#### [WHAT IS NEEDED]
The lines from the start of the records through the one containing "an approved sale." are to be restated word for word; please include both ends.

== RECORDS FOR THIS EXERCISE

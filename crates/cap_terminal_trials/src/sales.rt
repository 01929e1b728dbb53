ghost use Rattle.cap_terminal.specs.Live.{IsLive};

use cap_base::{Account, Amount, Response};
use cap_entries::TermEntry;
use cap_journal::Journal;
use cap_sale::{AboveFloor, Approved, AuthResponse, Begun};
use cap_terminal::{BeginFault, Terminal};

/// What came of a sale.
#[derive(Clone, Copy, Debug, PartialEq, Eq)]
pub enum Outcome {
    /// It was completed.
    Sale(u64),
    /// Its amount is above the floor, and it stays pending.
    AboveFloor(u64),
    /// As many sales were begun as the set-up allows, which is this many.
    Limit(u64),
    /// It was given up.
    Void(u64),
    /// It was declined.
    Declined(u64),
    /// No sale with this number is pending.
    NotPending(u64),
    /// Memory ran out, or the disk failed.
    Fault,
}

// Completes an approved sale.
fn complete<J: Journal<TermEntry>>(terminal: &mut Terminal<J>, approved: Approved) -> Outcome
    requires live { IsLive (J.entries terminal.old) approved.n approved.amount approved.account }
{
    match terminal.complete(approved) {
        Ok(receipt) => Outcome::Sale(receipt.number()),
        Err(_) => Outcome::Fault,
    }
}

// Completes a sale that was begun, where its amount is at most the floor.
fn finish<J: Journal<TermEntry>>(terminal: &mut Terminal<J>, begun: Begun) -> Outcome
    requires live { IsLive (J.entries terminal.old) begun.n begun.amount begun.account }
{
    let n = begun.n();
    match terminal.offline(begun) {
        Ok(approved) => complete(terminal, approved),
        Err(above) => {
            let AboveFloor { begun, floor: _ } = above;
            begun.set_aside();
            Outcome::AboveFloor(n)
        }
    }
}

/// Begins a sale, and completes it where its amount is at most the floor.
pub fn sale<J: Journal<TermEntry>>(
    terminal: &mut Terminal<J>,
    amount: Amount,
    account: Account,
) -> Outcome {
    match terminal.begin(amount, account) {
        Ok(begun) => finish(terminal, begun),
        Err(BeginFault::SaleLimit(max)) => Outcome::Limit(max),
        Err(_) => Outcome::Fault,
    }
}

/// Completes a pending sale, where its amount is at most the floor.
pub fn offline<J: Journal<TermEntry>>(terminal: &mut Terminal<J>, n: u64) -> Outcome {
    match terminal.take_pending(n) {
        Some(begun) => finish(terminal, begun),
        None => Outcome::NotPending(n),
    }
}

/// Gives up a pending sale.
pub fn void<J: Journal<TermEntry>>(terminal: &mut Terminal<J>, n: u64) -> Outcome {
    match terminal.take_pending(n) {
        Some(begun) => match terminal.void_begun(begun) {
            Ok(()) => Outcome::Void(n),
            Err(_) => Outcome::Fault,
        },
        None => Outcome::NotPending(n),
    }
}

// An approved sale is completed, or given up where the customer has walked out.
fn end<J: Journal<TermEntry>>(
    terminal: &mut Terminal<J>,
    approved: Approved,
    walks_out: bool,
) -> Outcome
    requires live { IsLive (J.entries terminal.old) approved.n approved.amount approved.account }
{
    if !walks_out {
        return complete(terminal, approved);
    }
    let n = approved.n();
    match terminal.void_approved(approved) {
        Ok(()) => Outcome::Void(n),
        Err(_) => Outcome::Fault,
    }
}

/// Follows the host's decision on a pending sale: one that is approved is completed, or given up where the customer has walked out, and any other
/// is declined.
pub fn decide<J: Journal<TermEntry>>(
    terminal: &mut Terminal<J>,
    answer: &AuthResponse,
    walks_out: bool,
) -> Outcome {
    let n = answer.n;
    match terminal.take_pending(n) {
        Some(begun) => match answer.response {
            Response::Appr => match terminal.authorise(begun, answer) {
                Ok(approved) => end(terminal, approved, walks_out),
                Err(_) => unreachable!(),
            },
            _ => match terminal.decline(begun) {
                Ok(()) => Outcome::Declined(n),
                Err(_) => Outcome::Fault,
            },
        },
        None => Outcome::NotPending(n),
    }
}
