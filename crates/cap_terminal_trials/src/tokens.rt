// Rows on the host's decisions.
use crate::documents::decision;
use crate::fault::Fault;
use crate::row::number;
use crate::sales::decide;
use cap_entries::TermEntry;
use cap_journal::Journal;
use cap_sale::{AuthRefused, AuthResponse};
use cap_terminal::{Handled, Terminal};
use std::alloc::Global;
use std::string::String;

// The decision that a document of the host tells.
fn heard<J: Journal<TermEntry>>(
    alloc: Global,
    terminal: &mut Terminal<J>,
    exchange: &str,
    response: &str,
) -> Result<Option<AuthResponse>, Fault> {
    let text = decision(alloc, exchange, response)?;
    match &terminal.handle(text.as_bytes()) {
        Ok(Handled::Authorisation(answer)) => Ok(Some(*answer)),
        _ => Ok(None),
    }
}

/// `decide 1 APPR`: follows the host's decision on a sale. With a word `walkout` behind, the customer has left.
pub(crate) fn follow<J: Journal<TermEntry>>(
    alloc: Global,
    terminal: &mut Terminal<J>,
    words: [&str; 6],
) -> Result<String, Fault> {
    let Some(answer) = heard(alloc, terminal, words[0], words[1])? else {
        return Ok(String::from_str(alloc, "no decision")?);
    };
    let outcome = decide(terminal, &answer, words[2] == "walkout");
    Ok(format!(in alloc; "{outcome:?}")?)
}

// What the token of a sale makes of a decision.
fn offered<J: Journal<TermEntry>>(
    terminal: &Terminal<J>,
    n: u64,
    answer: &AuthResponse,
) -> &'static str {
    match terminal.take_pending(n) {
        Some(begun) => match terminal.authorise(begun, answer) {
            Ok(approved) => {
                approved.set_aside();
                "approved"
            }
            Err(AuthRefused::NotTheAnswer(begun)) => {
                begun.set_aside();
                "not the answer"
            }
            Err(AuthRefused::Declined(begun, _)) => {
                begun.set_aside();
                "declined"
            }
        },
        None => "not pending",
    }
}

/// `token 2 APPR 1`: what the token of sale 1 makes of the decision on sale 2.
pub(crate) fn offer<J: Journal<TermEntry>>(
    alloc: Global,
    terminal: &mut Terminal<J>,
    words: [&str; 6],
) -> Result<String, Fault> {
    match heard(alloc, terminal, words[0], words[1])? {
        Some(answer) => Ok(String::from_str(alloc, offered(terminal, number(words[2]), &answer))?),
        None => Ok(String::from_str(alloc, "no decision")?),
    }
}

====

#### [YOUR RESPONSE]
filename crates/cap_terminal_trials/src/sales.rt
repository 01929e1b728dbb53
ghost use Rattle.cap_terminal.specs.Live.{IsLive};

use cap_base::{Account, Amount, Response};
use cap_entries::TermEntry;
use cap_journal::Journal;
use cap_sale::{AboveFloor, Approved, AuthResponse, Begun};
use cap_terminal::{BeginFault, Terminal};

/// What came of a sale.
#[derive(Clone, Copy, Debug, PartialEq, Eq)]
pub enum Outcome {
    /// It was completed.
    Sale(u64),
    /// Its amount is above the floor, and it stays pending.
    AboveFloor(u64),
    /// As many sales were begun as the set-up allows, which is this many.
    Limit(u64),
    /// It was given up.
    Void(u64),
    /// It was declined.
    Declined(u64),
    /// No sale with this number is pending.
    NotPending(u64),
    /// Memory ran out, or the disk failed.
    Fault,
}

// Completes an approved sale.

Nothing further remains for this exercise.